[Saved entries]
-- Opening Marker --
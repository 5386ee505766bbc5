// The lines of a script that are about tables, after the word `table`.
use crate::lines;
use crate::lines::Line;
use crate::tables::TableOperation;
use script::reader::Reader;

pub(crate) fn read(row: Reader) -> Line {
    match row.byte() {
        b'n' => asked(row.after(b"new"), TableOperation::New),
        b'c' => asked(row.after(b"check"), TableOperation::Check),
        b'e' => entry(row.after(b"entry")),
        b'd' => declare(row.after(b"declare")),
        b'r' => remove(row.after(b"remove")),
        b'l' => lookup(row.after(b"lookup")),
        _ => Line::Unread,
    }
}

fn asked(row: Reader, operation: TableOperation) -> Line {
    lines::whole(row, Line::Table(operation))
}

fn entry(mut row: Reader) -> Line {
    let operation = TableOperation::Entry(row.place());
    asked(row, operation)
}

fn declare(mut row: Reader) -> Line {
    let operation = TableOperation::Declare {
        field: row.word32(),
        code: row.word32(),
    };
    asked(row, operation)
}

fn remove(mut row: Reader) -> Line {
    let operation = TableOperation::Remove(row.word32());
    asked(row, operation)
}

fn lookup(mut row: Reader) -> Line {
    let operation = TableOperation::Lookup {
        field: row.word32(),
        game: row.word32(),
        number: row.whole32(),
    };
    asked(row, operation)
}
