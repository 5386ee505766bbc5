// The gap report of a book and its figures, into bytes or numbers that are lent, and told with all of these.
use crate::{operations, telling};
use std::io;
use std::io::Write;

// The most bytes that a line lends for a report.
const MOST_BYTES: usize = 400;

// The most numbers that a line lends for its figures.
const MOST_NUMBERS: usize = 64;

// What is asked for, and how much is lent for it: bytes for the report, numbers for its figures. A line that lends more than there is is told
// as unread.
#[derive(Clone, Copy)]
pub(crate) enum GapLine {
    Report(usize),
    Figures(usize),
}

pub(crate) fn tell<W: Write>(
    out: &mut W,
    row: &[u8],
    book: &[u8],
    asked: GapLine,
) -> io::Result<()> {
    match asked {
        GapLine::Report(room) => report(out, row, book, room),
        GapLine::Figures(numbers) => figures(out, row, book, numbers),
    }
}

// The report, into bytes that are each `~` before.
fn report<W: Write>(out: &mut W, row: &[u8], book: &[u8], room: usize) -> io::Result<()> {
    if MOST_BYTES < room {
        return script::telling::unread(out, row);
    }
    let mut lent = [b'~'; MOST_BYTES];
    let lent = &mut lent[..room];
    let told = operations::counted(gap_report::report(book, lent));
    telling::before_lent(out, row, told)?;
    text(out, lent)?;
    telling::after_lent(out, book)
}

// A text, told in one line.
fn text<W: Write>(out: &mut W, lent: &[u8]) -> io::Result<()> {
    for byte in lent {
        let byte = *byte;
        out.write_all(&[if byte == b'\n' { b'/' } else { byte }])?;
    }
    Ok(())
}

// Its figures, into numbers that are each 7 before.
fn figures<W: Write>(out: &mut W, row: &[u8], book: &[u8], numbers: usize) -> io::Result<()> {
    if MOST_NUMBERS < numbers {
        return script::telling::unread(out, row);
    }
    let mut lent = [7i64; MOST_NUMBERS];
    let lent = &mut lent[..numbers];
    let told = operations::counted(gap_report::figures(book, lent));
    telling::before_lent(out, row, told)?;
    telling::numbers(out, lent)?;
    telling::after_lent(out, book)
}
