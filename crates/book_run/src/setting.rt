// What a script of books does to its buffer outside the operations, beside what `script::preparing` has: it says whether it was done.

// Byte by byte, in this order: a copy to a later place repeats what lies between the two.
pub(crate) fn copy(buffer: &mut [u8], from: usize, count: usize, to: usize) -> bool {
    if buffer.len() < count || buffer.len() - count < from || buffer.len() - count < to {
        return false;
    }
    // Kept (point 3): (d) `copy_within` copies as the bytes were before, and does not repeat.
    for i in 0..count {
        buffer[to + i] = buffer[from + i];
    }
    true
}
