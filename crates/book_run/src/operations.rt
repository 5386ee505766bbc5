// The book's operations, and what each gives in one type.
ghost use Rattle.std.specs.Prelude.{◌≡◌};
ghost use Rattle.rules.specs.Refusals.{Gives, ◌then◌};
ghost use Rattle.frame.specs.Views.{started_as};
ghost use Rattle.book.specs.Views.{checked_as, found_as};
ghost use Rattle.book_run.specs.Operations.{Done, Number, Recorded, told_as, answer_of, buffer_of};

use book::Record;
use kinds::{Kind, Packed};
use refusals::Refusal;

#[derive(Clone, Copy)]
pub(crate) enum Operation {
    New,
    Check,
    Record(usize),
    Append { kind: Kind, date: Packed },
}

// What is told of an operation that was not refused.
// Kept (point 2): (a) `answer_of` of the specs gives a `Value` of this crate, with records, and that of `script` one of tables.
#[derive(Clone, Copy)]
pub(crate) enum Told {
    Done,
    Number(usize),
    Record(Record),
}

pub(crate) fn operate(b: &mut [u8], operation: Operation) -> Result<Told, Refusal>
    ensures result_value { told_as result ≡ answer_of operation b.old }
    ensures b_after { b.new ≡ buffer_of operation b.old }
{
    match operation {
        Operation::New => started(book::new(b)),
        Operation::Check => counted(book::check(b)),
        Operation::Record(place) => found(book_reader::next_at(b, place)),
        Operation::Append { kind, date } => counted(book::append(b, kind, date)),
    }
}

pub(crate) fn started(answer: Result<(), Refusal>) -> Result<Told, Refusal>
    ensures { told_as result ≡ (started_as answer then λ n. Gives Done) }
{
    answer?;
    Ok(Told::Done)
}

// A number of records or of bytes, or a place.
pub(crate) fn counted(answer: Result<usize, Refusal>) -> Result<Told, Refusal>
    ensures { told_as result ≡ (checked_as answer then λ n. Gives (Number n)) }
{
    let n = answer?;
    Ok(Told::Number(n))
}

pub(crate) fn found(answer: Result<Record, Refusal>) -> Result<Told, Refusal>
    ensures { told_as result ≡ (found_as answer then λ b. Gives (Recorded b)) }
{
    let record = answer?;
    Ok(Told::Record(record))
}
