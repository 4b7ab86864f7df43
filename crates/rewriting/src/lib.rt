#![tactic(auto)]

ghost use Rattle.std.specs.Prelude.{◌≡◌};
ghost use Rattle.format.specs.Dta.{dataset_of};
ghost use Rattle.editions.specs.Editions.{numbers_of};
ghost use Rattle.sources.specs.Sources.{Sourced};
ghost use Rattle.rewriting.specs.Held.{texts_held, held_in};
ghost use Rattle.rewriting.specs.Rewriting.{offered, Rewrites};

use editions::Edition;
use refusal::Refusal;
use sources::Source;

// Whether an edition and a byte order are offered.
fn is_offered(edition: u64, order: u64) -> bool
    ensures { result ≡ offered edition order }
{
    editions::is_release(edition) && (order == 1 || order == 2)
}

// Whether the fields of the edition `to` hold the names, display formats, label-set names and variable labels of the source `s`.
fn texts_held(f: &[u8], s: Source, to: Edition) -> bool
    requires { (Sourced f.now s) }
    ensures { result ≡ texts_held (numbers_of to) (dataset_of f.now) }
{
    // tests one after another: the proof of one expression of them did not close
    let e = s.edition;
    if !write_texts::texts_held(f, s.names, s.k, e.name_width, to.name_width) {
        return false;
    }
    if !write_texts::texts_held(f, s.formats, s.k, e.format_width, to.format_width) {
        return false;
    }
    if !write_texts::texts_held(f, s.sets, s.k, e.name_width, to.name_width) {
        return false;
    }
    write_texts::texts_held(f, s.labels, s.k, e.var_label_width, to.var_label_width)
}

// Whether the edition `to` can hold the dataset of the source `s`, in a result of `size` bytes.
fn is_held(f: &[u8], s: Source, to: Edition, size: u64) -> bool
    requires { (Sourced f.now s) }
    ensures { result ≡ held_in (numbers_of to) (dataset_of f.now) size }
{
    // as in `texts_held`
    let e = s.edition;
    if !write_types::types_held(f, s.types, s.k, e.tagged, s.msf, to.tagged) {
        return false;
    }
    if to.label_max < s.llen {
        return false;
    }
    if !texts_held(f, s, to) {
        return false;
    }
    if !write_labels::names_held(
        f,
        s.blocks,
        s.blocksend,
        e.tagged,
        e.name_width,
        s.msf,
        to.name_width,
    ) {
        return false;
    }
    size <= format::length_max()
}

// Writes the dataset of the file, in the edition and the byte order (1: MSF, 2: LSF), at the start of `out`; gives how many bytes.
pub fn rewrite(f: &[u8], edition: u64, order: u64, out: &mut [u8]) -> Result<usize, Refusal>
    ensures { Rewrites f.now edition order out.old out.new result }
{
    let s = sources::opened(f)?;
    if !is_offered(edition, order) {
        return Err(Refusal::NotHeld);
    }
    let to = editions::numbers_of(edition);
    let places = plans::plan_of(f, s, to);
    if !is_held(f, s, to, places[13]) {
        return Err(Refusal::NotHeld);
    }
    if (out.len() as u64) < places[13] {
        return Err(Refusal::NoRoom);
    }
    Ok(write_all::put_all(&mut out[..], f, s, to, order == 1, places))
}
-- Closing Marker --
**ACTIVITY**
The count alone is wanted: how many lines above hold the string "each"?

**EXERCISE ANSWER**
3